Big data - where do you start?
By Gary Allemann, MD of Master Data Management
Big data is currently a buzzword in the industry, with many organisations pondering its value, virtues and implementing strategies to harness the benefits. Countless organisations' understanding is that this data, when tapped into correctly, can provide a host of benefits, including market intelligence and competitive advantage.
However, one challenge many organisations still face is understanding what big data really is and where to start to take advantage of it.
However, there are still a number of myths surrounding big data, and distinguishing myth from reality is the first step, says Gary Allemann, MD of Master Data Management.
Some big data myths include:
* Big data is about external data: Forrester Research finds most organisations only analyse 12% of their internal data. Big data is about making more of the data you have. External data sources may be added to bring more insight, but this is not the main focus for many companies.
* Big data is about size: On average, an enterprise data warehouse (EDW) houses about 15 Terabytes (TB) of data. Also, an average Hadoop installation increases from 150TB to 200TB. Therefore, big data is bigger than your existing data warehouse; however, only by an order of magnitude.
* Big data means in-memory (in-memory enables users to have immediate access to the right information): Moving your existing search and query language (SQL) processing to in-memory databases will reduce processing times; however, this does not allow you to gain new insights. This data allows us to answer new questions, without depending on structured schemas - whether in-memory or not. Although in-memory is great for high-speed decision-making on data sets, big data analytics are often batch in nature.
* We can use our existing technology: When relational databases entered the main stream about 20 years ago, developers had to learn new skills, such as SQL. The big data revolution will also require us to learn new skills if we are to take full advantage of the benefits of unstructured data sets. SQL is not a long-term solution to exploit big data.

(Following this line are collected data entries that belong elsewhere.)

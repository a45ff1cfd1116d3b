//! Comparisons that end a test.
use grid::{Grid, Order, ShapeError};
use std::alloc::{Allocator, Global};
use std::fmt::Debug;
use std::process::Abort;
use std::test::Fail;
use test_support::fixtures::{grid_of, is_stored, shows, table_of};

/// Rows that are written out.
pub type Rows = &'static [&'static [u32]];

// The grid of these rows, stored in an order.
pub fn grid_with(alloc: Global, rows: &[&[u32]], order: Order) -> Result<Grid<u32>, ShapeError> {
    let table = table_of(alloc, rows)?;
    grid_of(alloc, &table, order)
}

// A grid shows these rows, by its size and each cell, and has stored them in this order.
pub fn assert_rows<A: Allocator>(
    rt: &impl Abort,
    alloc: Global,
    grid: &Grid<u32, A>,
    rows: &[&[u32]],
    order: Order,
) -> Result<(), Fail> {
    let table = table_of(alloc, rows)?;
    let met = shows(grid, &table, order);
    assert!(rt; met, "{:?} is not {rows:?} in {order:?}", grid.flatten());
    Ok(())
}

// A grid has this size, and has stored these cells in this order.
pub fn assert_stored<T: Debug + PartialEq, A: Allocator>(
    rt: &impl Abort,
    grid: &Grid<T, A>,
    size: (usize, usize),
    order: Order,
    cells: &[T],
) {
    let met = is_stored(grid, size, order, cells);
    assert!(rt;
        met,
        "{:?} is not {cells:?} of {size:?} in {order:?}",
        grid.flatten()
    );
}

// A call made a grid, which has this size and has stored these cells in this order.
pub fn assert_made<T: Debug + PartialEq + Drop, E: Debug + Drop>(
    rt: &impl Abort,
    made: Result<Grid<T>, E>,
    size: (usize, usize),
    order: Order,
    cells: &[T],
) {
    match made {
        Ok(grid) => assert_stored(rt, &grid, size, order, cells),
        Err(fault) => panic!(rt; "{fault:?} in place of {cells:?}"),
    }
}

// A call made no grid, for this reason.
pub fn assert_refused<T: Drop, E: Debug + PartialEq + Drop>(
    rt: &impl Abort,
    made: Result<Grid<T>, E>,
    want: E,
) {
    match made {
        Ok(grid) => panic!(rt; "a grid of {:?} in place of {want:?}", grid.size()),
        Err(met) => assert_eq!(rt; met, want),
    }
}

* Big data is about Hadoop: Although a range of technologies and platforms can be used both to support and implement big data analytics, Hadoop is the preferred platform of over 80% of big data implementations. Unlike the others, this myth is largely true - any serious big data analytics solution is likely to be based on Hadoop. Hadoop addresses key big data challenges, allowing you to consolidate both structured and unstructured data quickly, and provides cheap, scalable storage and analytics power.
* Big data is free: Although infrastructure costs are relatively low, the people costs are relatively high. Companies that reduce their dependency on big development teams - by exploiting easier to use platforms and supporting self-service - will get insights quicker, stay ahead of their competitors, and have a lower total cost over those that spend years on reinventing code themselves.

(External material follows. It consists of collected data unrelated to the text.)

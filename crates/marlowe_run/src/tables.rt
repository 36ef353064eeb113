//! The table of a contract, from text to text.
ghost use Rattle.contract.specs.Collections.Answers.{AsideBy};
ghost use Rattle.contract.specs.Tree.{contract_tree};
ghost use Rattle.marlowe_run.specs.TableText.{printed_table, table_text, table_text_within};

use crate::dropped::beside_dropped;
use compiler::compile;
use contract::Contract;
use contract_json::read_contract_within;
use marlowe_refusals::TableFault;
use std::alloc::Global;
use table_lines::table_lines;

/// Compiles a contract, as a JSON text of at most 1,048,576 bytes, and gives the text of its table: a line for each node,
/// and one for the root. Refused is a text that is no contract, and a contract that `compile` refuses.
pub fn table_text(alloc: Global, contract: &[u8]) -> Result<Vec<u8>, TableFault>
    ensures { AsideBy TableFault.Memory (λ text. text.items) result (table_text contract.now) }
{
    table_text_within(alloc, contract, 127)
}

/// The same of a contract whose lists and objects nest no deeper than `depth`: `table_text` has 127. What `compile` takes is fixed.
#[tactic(auto, unfolding(crate::specs::TableText::table_text_within))]
pub fn table_text_within(
    alloc: Global,
    contract: &[u8],
    depth: usize,
) -> Result<Vec<u8>, TableFault>
    ensures { AsideBy TableFault.Memory (λ text. text.items) result (table_text_within depth contract.now) }
{
    match read_contract_within(alloc, contract, depth) {
        Ok(contract) => {
            let text = printed_table(alloc, &contract);
            beside_dropped(contract, text)
        }
        Err(fault) => Err(TableFault::of_contract(fault)),
    }
}

/// The text of a contract's table, or why `compile` refuses it.
pub fn printed_table(alloc: Global, contract: &Contract) -> Result<Vec<u8>, TableFault>
    ensures { AsideBy TableFault.Memory (λ text. text.items) result (printed_table (contract_tree contract.now)) }
{
    let (table, root) = compile(alloc, contract)?;
    let text = table_lines(alloc, &table, root)?;
    Ok(text)
}
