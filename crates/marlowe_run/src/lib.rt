//! One transaction, from the texts of a contract, a state and a transaction to the text of the outcome; and the table of a
//! contract, from text to text. Also how transactions begin, and the line of an outcome, for whoever computes more than one.
#![tactic(auto)]

mod dropped;
mod laws;
mod outcomes;
mod readable;
mod start;
mod tables;
mod transaction;

pub use compiler::{CompileFault, compile};
pub use contract_json::{
    PutJson, Transaction, WriteFault, action_from_json, bound_from_json, case_from_json,
    choice_id_from_json, contract_from_json, fitting_to_json, input_from_json,
    observation_from_json, party_from_json, payee_from_json, read_contract, read_contract_within,
    read_input, read_state, read_transaction, state_from_json, state_is_read_back,
    state_with_texts_from_json, to_json, token_from_json, transaction_from_json, value_from_json,
    what_is_read_of_parts_can_be_written, what_is_read_within_can_be_written, write_contract,
    write_outcome,
};
pub use dropped::beside_dropped;
pub use json_read_names::{ContractForm, JsonFault, contract_form, has, read_bytes, read_time};
pub use json_write_contracts::{Term, term_text};
pub use laws::{parts_can_be_written, runs_within_127};
pub use marlowe_refusals::{
    Fault, RunFault, TableFault, TraceFault, compile_fault_name, json_fault_name, refusal,
    write_fault_name,
};
pub use outcomes::outcome_line;
pub use readable::Readable;
pub use semantics::evaluation::{Parts, Wait};
pub use semantics::{Plain, Steps};
pub use start::read_start;
pub use tables::{printed_table, table_text, table_text_within};
pub use transaction::{outcome_text, run, run_with_texts, run_within};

* Big data is an IT problem: Big data must have clear business goals to ensure intelligence is harnessed - this is not an IT problem, but rather a business issue. Big data is about finding the answers to critical questions about your customers, your channels, your markets and your products that can differentiate you from your competition, improve your customer's experience with you, and make you money.
* Big data is too complicated: Big data requires new skills and approaches. Yet, modern self-service data discovery platforms, such as Datameer, exists that shield you from the technical complexity and allows you to deliver quickly and easily.
* We need a data scientist: Most companies will be able to deliver big data analytics using a team of existing staff - business analysts, business managers and statisticians that collaborate, using a shared platform, to design and deploy appropriate analytics. The trick is to focus on the business problem, not complex technology.
* No more data quality problems: More data will typically mean more data quality problems. Big data must be managed and assessed for data quality just as any other data is - if accurate and trusted insight is to be gained.
* Big data is just a hype: Although big data is in its infancy in southern Africa, our colleagues and competitors in Europe and the USA are delivering real value - in areas such as fault management, customer experience management, market-driven pricing, compliance projects, fraud management and much more. Big data is beyond hype. Companies that act first could build an unassailable advantage over their slower moving competitors.
Clearly defining and understanding the common big data myths will allow an organisation to fully understand where to start.
One of the first challenges the organisation will face, especially with regards to budgets, is whether to buy or build a solution. Building big data analytics using open source code could take a year or more, will require scarce (and expensive) skills and may allow nimbler rivals a critical head start. Packaged platforms can allow you to deliver insight in a matter of weeks, with minimal training and support for your existing people.
Big data is not as daunting as most assume it is, yet many organisations 'drag their feet' due to the misconceptions and misunderstandings around big data. Big data can offer a wealth of information and value to an organisation, giving them competitive advantage and improving customer relationships. Opt for a solution that is already available, such as Hadoop, that offers quick implementation and provides real value in a short period of time.